Gatsby the Parvenu vs. Tom the Dynasty
By contrast, Jay Gatsby’s “new money” fortune comes from bootlegging and hustling. He is an outsider trying to buy into Tom’s old-money circle. But he can never belong, because Tom’s kind of wealth isn’t just about money—it’s about lineage and legacy. And in America, that concept of lineage was profoundly shaped by the historical forces of slavery and the exclusionary systems it created.
In this reading, The Great Gatsby becomes more than a Jazz Age tragedy. It is also a story about America’s unresolved inheritance of exploitation—the unspoken fact that established wealth and privilege were often built on oppressed lives, while outsiders like Gatsby could never break into that aristocracy.
The Hidden Empire in American Literature
Tom Buchanan’s type was not fiction. Families from Rhode Island to New York, Charleston to New Orleans, carried forward fortunes from slavery into the 20th century. Their names lived on in universities, banks, and cultural institutions. Fitzgerald captured the arrogance of this class perfectly, even if he never named its historical roots.
Reading Tom Buchanan as the heir to this legacy turns The Great Gatsby into a sharper critique: America’s gilded mansions and polo fields were built on stolen labor and exploitation, and the shadow of that empire haunted the Jazz Age just as it haunts the present.
Timeline: From Slave Profits to American Literary Tycoons
· 1700s – Early 1800s: Slave Trade Fortunes
· DeWolf Family (Rhode Island) sends over 1,000 slave-trading voyages.
· Brown Family (Providence) profits from both whaling and the slave trade; helps found Brown University.
· New England Triangle Trade: Rum, molasses, and enslaved Africans connect Boston, Africa, and the Caribbean.
· 1800–1860: Slave Economy at Its Peak
· Southern “Cotton Kings” in Mississippi, Louisiana, and South Carolina grow immensely wealthy on enslaved labor.
· Northern banks and insurers (e.g., Aetna, New York financiers) insure enslaved people and plantations.
· Fortunes circulate into shipping, railroads, and estates.
· 1850s: Literature Mirrors Wealth
· Uncle Tom’s Cabin (1852): Planter tycoon Simon Legree embodies brutal wealth from enslaved labor.
· The Scarlet Letter (1850): Puritan elites echo merchant dynasties tied to the slave trade.
· Moby-Dick (1851): Ship owners resemble real New England merchants enriched by both whaling and earlier slave voyages.
· Post–Civil War (1865–1900): Slavery Ends, Wealth Remains
· Plantation dynasties lose enslaved labor but retain land, influence, and social prestige.

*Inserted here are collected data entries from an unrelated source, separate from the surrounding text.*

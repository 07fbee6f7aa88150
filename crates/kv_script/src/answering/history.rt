//! Histories of keys.

ghost use Rattle.std.specs.Prelude.{◌≡◌, ◌++◌, OnOk, OnErr, map};
ghost use Rattle.serde_json.specs.Data.{array};
ghost use Rattle.serde_json.specs.Events.{SendsValue};
ghost use Rattle.kv_model.specs.State.{read_entry};
ghost use Rattle.kv_script.specs.inside.Showing.{found_items, history_object};
ghost use Rattle.kv_script.specs.Text.{history_text};

use crate::answering::entries::found;
use crate::answering::json_line::append_line;
use crate::form::Form;
use kv_model::Write;
use serde::{Described, Serialize, Serializer};
use std::alloc::{AllocError, Global};

#[derive(Clone, Copy)]
struct History<'a> {
    alloc: Global,
    form: Form,
    writes: &'a [&'a Write],
}

fn send_entries<S: Serializer>(history: &History<'_>, out: &mut S) -> Result<(), S::Error>
    ensures { OnOk result (SendsValue (array (found_items history.now.form history.now.writes.now))
        (S.written out.old) (S.written out.new)) }
{
    out.begin_seq(Some(history.writes.len()))?;
    for write in history.writes {
        found(history.alloc, history.form, write).serialize(out)?;
    }
    out.end_seq()
}

impl Described for History<'_> {
    ghost writes = { λ history. SendsValue (history_object history.form history.writes.now) };
}

impl Serialize for History<'_> {
    fn serialize<S: Serializer>(&self, out: &mut S) -> Result<(), S::Error> {
        out.begin_map(Some(1))?;
        out.key("entries")?;
        send_entries(self, out)?;
        out.end_map()
    }
}

/// The entries of a key's history, with their values in this form.
pub fn append_history(
    alloc: Global,
    form: Form,
    out: &mut Vec<u8>,
    writes: &[&Write],
) -> Result<(), AllocError>
    ensures ok { OnOk result (out.new.items ≡ out.old.items ++ history_text form
        (map (λ w. read_entry w.now) writes.now)) }
    ensures err { OnErr result (out.new.items ≡ out.old.items) }
{
    let history = History {
        alloc,
        form,
        writes,
    };
    append_line(alloc, out, &history)
}
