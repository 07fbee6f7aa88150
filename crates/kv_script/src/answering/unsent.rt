//! What a serializer did not take.

/// A serializer did not take what was sent. It told why, in an error of its own that fills nine words, which each function
/// on the way out would hand on; who asks for a line hears only that there is none.
#[derive(Drop)]
pub(crate) struct Unsent;
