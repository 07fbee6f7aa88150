//! Writers that fail, as one to a full disk does.

use super::*;

// The writer takes one byte a call, and fails at this call.
fn writer_fails_at(alloc: Global, call: usize) -> Result<bool, KvError> {
    let before = call.saturating_sub(1).min(TEXT.len());
    let given = Given {
        write_most: 1,
        write_calls: before,
        ..PLAIN
    };
    Ok(is(
        &replayed(alloc, given)?,
        Err(KvError::WriteFault),
        &TEXT[..before],
    ))
}

#[test]
fn a_writer_that_fails_has_the_bytes_before(rt: HostRuntime) -> Result<(), Fail> {
    for call in 1..TEXT.len() + 1 {
        assert!(rt; writer_fails_at(rt.alloc(), call)?);
    }
    Ok(())
}

#[test]
fn a_writer_that_fails_has_what_it_took(rt: HostRuntime) -> Result<(), Fail> {
    let given = Given {
        write_most: 4,
        write_calls: 1,
        ..FIRST
    };
    assert!(rt;
        is(
            &replayed(rt.alloc(), given)?,
            Err(KvError::WriteFault),
            b"{\"re"
        )
    );
    Ok(())
}

#[test]
fn a_writer_that_takes_nothing_ends_the_run(rt: HostRuntime) -> Result<(), Fail> {
    let given = Given {
        write_most: 0,
        ..FIRST
    };
    assert!(rt; is(&replayed(rt.alloc(), given)?, Err(KvError::WriteFault), b""));
    Ok(())
}
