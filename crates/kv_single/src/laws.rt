//! Laws of the calls on a bucket, whoever makes them and in whatever order.

ghost use Rattle.std.specs.Prelude.{◌≡◌, ℕ, List, Some};
ghost use Rattle.kv_model.specs.Runs.{Exchange, calls_of, run};
ghost use Rattle.kv_model.specs.State.{State, Watch, open_at};
ghost use Rattle.kv_model.specs.Told.{Tells, TellsEachWatch};
ghost use Rattle.kv_single.specs.Held.{Bucketed, Represents};
ghost use Rattle.kv_single.specs.Stepping.{AreSteps};

/// The watch theorem for whoever calls. Each public call of a bucket is one step of the model, so this is said of any
/// calls in a row, each with its answer, and not of `Bucket::run` alone.
///
/// Each watch that one of the calls opened, and each that was open before them, is handed, in order, the next items of
/// what it is given: all of them where a take of it is answered Empty, and none after its stop.
pub fn tells_whoever_calls()
    ensures opened { (old new : Bucketed) (told : List Exchange) (state : State) → AreSteps old told new →
        Represents state old → TellsEachWatch state told }
    ensures held { (old new : Bucketed) (told : List Exchange) (state : State) (number : ℕ) (watch : Watch) →
        AreSteps old told new → Represents state old → open_at number state ≡ Some watch →
        Tells state told number watch }
    ensures after { (old new : Bucketed) (told : List Exchange) (state : State) → AreSteps old told new →
        Represents state old → Represents (run state (calls_of told)) new }
{}
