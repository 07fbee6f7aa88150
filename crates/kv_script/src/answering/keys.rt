//! Lists of keys.

ghost use Rattle.std.specs.Prelude.{◌≡◌, ◌++◌, OnOk, OnErr, map};
ghost use Rattle.serde_json.specs.Data.{array};
ghost use Rattle.serde_json.specs.Events.{SendsValue};
ghost use Rattle.kv_script.specs.inside.Showing.{listed_keys, keys_object};
ghost use Rattle.kv_script.specs.Text.{keys_text};

use crate::answering::json_line::append_line;
use kv_keys::Key;
use serde::{Described, Serialize, Serializer};
use std::alloc::{AllocError, Global};

#[derive(Clone, Copy)]
struct Keys<'a>(&'a [&'a Key]);

fn send_keys<S: Serializer>(keys: &[&Key], out: &mut S) -> Result<(), S::Error>
    ensures { OnOk result (SendsValue (array (listed_keys keys.now)) (S.written out.old) (S.written out.new)) }
{
    out.begin_seq(Some(keys.len()))?;
    for key in keys {
        out.str(key.as_str())?;
    }
    out.end_seq()
}

impl Described for Keys<'_> {
    ghost writes = { λ keys. SendsValue (keys_object keys.0.now) };
}

impl Serialize for Keys<'_> {
    fn serialize<S: Serializer>(&self, out: &mut S) -> Result<(), S::Error> {
        out.begin_map(Some(1))?;
        out.key("keys")?;
        send_keys(self.0, out)?;
        out.end_map()
    }
}

/// The keys that match.
pub fn append_keys(alloc: Global, out: &mut Vec<u8>, keys: &[&Key]) -> Result<(), AllocError>
    ensures ok { OnOk result (out.new.items ≡ out.old.items ++ keys_text (map (λ key. key.now) keys.now)) }
    ensures err { OnErr result (out.new.items ≡ out.old.items) }
{
    append_line(alloc, out, &Keys(keys))
}
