//! Entries that a read found.

ghost use Rattle.std.specs.Prelude.{◌≡◌, ◌++◌, OnOk, OnErr};
ghost use Rattle.kv_model.specs.State.{read_entry};
ghost use Rattle.kv_script.specs.inside.Fields.{entry_object};
ghost use Rattle.kv_script.specs.inside.Showing.{shown_object};
ghost use Rattle.kv_script.specs.Text.{entry_text};

use crate::answering::json_line::append_line;
use crate::answering::shown::Shown;
use crate::form::Form;
use kv_model::{Op, Write};
use std::alloc::{AllocError, Global};

/// The entry that a read found, to be shown with its value in this form where it is a put.
pub(crate) fn found<'a>(alloc: Global, form: Form, write: &'a Write) -> Shown<'a>
    ensures { shown_object result ≡ entry_object form (read_entry write.now) }
{
    let value = write.value();
    Shown {
        alloc,
        form,
        watch: None,
        key: write.key().as_str(),
        op: write.op(),
        revision: write.revision(),
        size: value.len() as u64,
        value: match write.op() {
            Op::Put => Some(value),
            Op::Delete | Op::Purge => None,
        },
    }
}

/// The entry that a read found, with its value in this form where it is a put.
pub fn append_entry(
    alloc: Global,
    form: Form,
    out: &mut Vec<u8>,
    write: &Write,
) -> Result<(), AllocError>
    ensures ok { OnOk result (out.new.items ≡ out.old.items ++ entry_text form (read_entry write.now)) }
    ensures err { OnErr result (out.new.items ≡ out.old.items) }
{
    append_line(alloc, out, &found(alloc, form, write))
}
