//! Answers without entries.

ghost use Rattle.std.specs.Prelude.{◌≡◌, ◌++◌, OnOk, OnErr};
ghost use Rattle.kv_script.specs.Text.{revision_text, sealed_text, compacted_text, watch_text, marker_text, empty_text, stopped_text, told_text};

use crate::answering::field::{Field, append_object};
use std::alloc::{AllocError, Global};

/// An accepted write.
#[tactic(auto, using(crate::proofs::Lines::revision_line))]
pub fn append_revision(alloc: Global, out: &mut Vec<u8>, revision: u64) -> Result<(), AllocError>
    ensures ok { OnOk result (out.new.items ≡ out.old.items ++ revision_text revision) }
    ensures err { OnErr result (out.new.items ≡ out.old.items) }
{
    append_object(alloc, out, &[Field::Number("revision", revision)])
}

/// A seal.
#[tactic(auto, using(crate::proofs::Lines::sealed_line))]
pub fn append_sealed(alloc: Global, out: &mut Vec<u8>) -> Result<(), AllocError>
    ensures ok { OnOk result (out.new.items ≡ out.old.items ++ sealed_text) }
    ensures err { OnErr result (out.new.items ≡ out.old.items) }
{
    append_object(alloc, out, &[Field::Truth("sealed", true)])
}

/// A compaction, by its floor.
#[tactic(auto, using(crate::proofs::Lines::compacted_line))]
pub fn append_compacted(alloc: Global, out: &mut Vec<u8>, floor: u64) -> Result<(), AllocError>
    ensures ok { OnOk result (out.new.items ≡ out.old.items ++ compacted_text floor) }
    ensures err { OnErr result (out.new.items ≡ out.old.items) }
{
    append_object(alloc, out, &[Field::Number("compacted", floor)])
}

/// A new watch, by its number.
#[tactic(auto, using(crate::proofs::Lines::watch_line))]
pub fn append_watch(alloc: Global, out: &mut Vec<u8>, watch: u64) -> Result<(), AllocError>
    ensures ok { OnOk result (out.new.items ≡ out.old.items ++ watch_text watch) }
    ensures err { OnErr result (out.new.items ≡ out.old.items) }
{
    append_object(alloc, out, &[Field::Number("watch", watch)])
}

/// The end of the initial entries of a watch.
#[tactic(auto, using(crate::proofs::Lines::marker_line))]
pub fn append_marker(alloc: Global, out: &mut Vec<u8>, watch: u64) -> Result<(), AllocError>
    ensures ok { OnOk result (out.new.items ≡ out.old.items ++ marker_text watch) }
    ensures err { OnErr result (out.new.items ≡ out.old.items) }
{
    append_object(
        alloc,
        out,
        &[Field::Truth("marker", true), Field::Number("watch", watch)],
    )
}

/// A watch has nothing more to hand out by now.
#[tactic(auto, using(crate::proofs::Lines::empty_line))]
pub fn append_empty(alloc: Global, out: &mut Vec<u8>, watch: u64) -> Result<(), AllocError>
    ensures ok { OnOk result (out.new.items ≡ out.old.items ++ empty_text watch) }
    ensures err { OnErr result (out.new.items ≡ out.old.items) }
{
    append_object(
        alloc,
        out,
        &[Field::Truth("empty", true), Field::Number("watch", watch)],
    )
}

/// A stop, and how many items the watch handed out.
pub fn append_stopped(
    alloc: Global,
    out: &mut Vec<u8>,
    watch: u64,
    handed: u64,
) -> Result<(), AllocError>
    ensures ok { OnOk result (out.new.items ≡ out.old.items ++ stopped_text watch handed) }
    ensures err { OnErr result (out.new.items ≡ out.old.items) }
{
    append_object(
        alloc,
        out,
        &[
            Field::Number("handed", handed),
            Field::Number("stopped", watch),
        ],
    )
}

/// An accepted write of a worker of a race. Workers count from 1.
#[tactic(auto, using(crate::proofs::Lines::told_line))]
pub fn append_told(
    alloc: Global,
    out: &mut Vec<u8>,
    worker: u64,
    revision: u64,
) -> Result<(), AllocError>
    ensures ok { OnOk result (out.new.items ≡ out.old.items ++ told_text worker revision) }
    ensures err { OnErr result (out.new.items ≡ out.old.items) }
{
    append_object(
        alloc,
        out,
        &[
            Field::Number("revision", revision),
            Field::Number("worker", worker),
        ],
    )
}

· New York “old money” families still benefit from earlier investments tied to slavery.
· Freed people denied access to the wealth they created.
· 1920s: Jazz Age and Fitzgerald’s Critique
· The Great Gatsby (1925): Tom Buchanan represents “old money” aristocracy—fortunes that have existed for generations, often with hidden roots in exploitation.
· Jay Gatsby symbolizes “new money” outsiders trying to break in, highlighting the divide between inherited dynasties and self-made men.
· Legacy Today
· Universities, banks, and cultural institutions trace origins to slave-related profits.
· American classics preserve the image of tycoons whose roots, directly or indirectly, stretch back to systems of exploitation.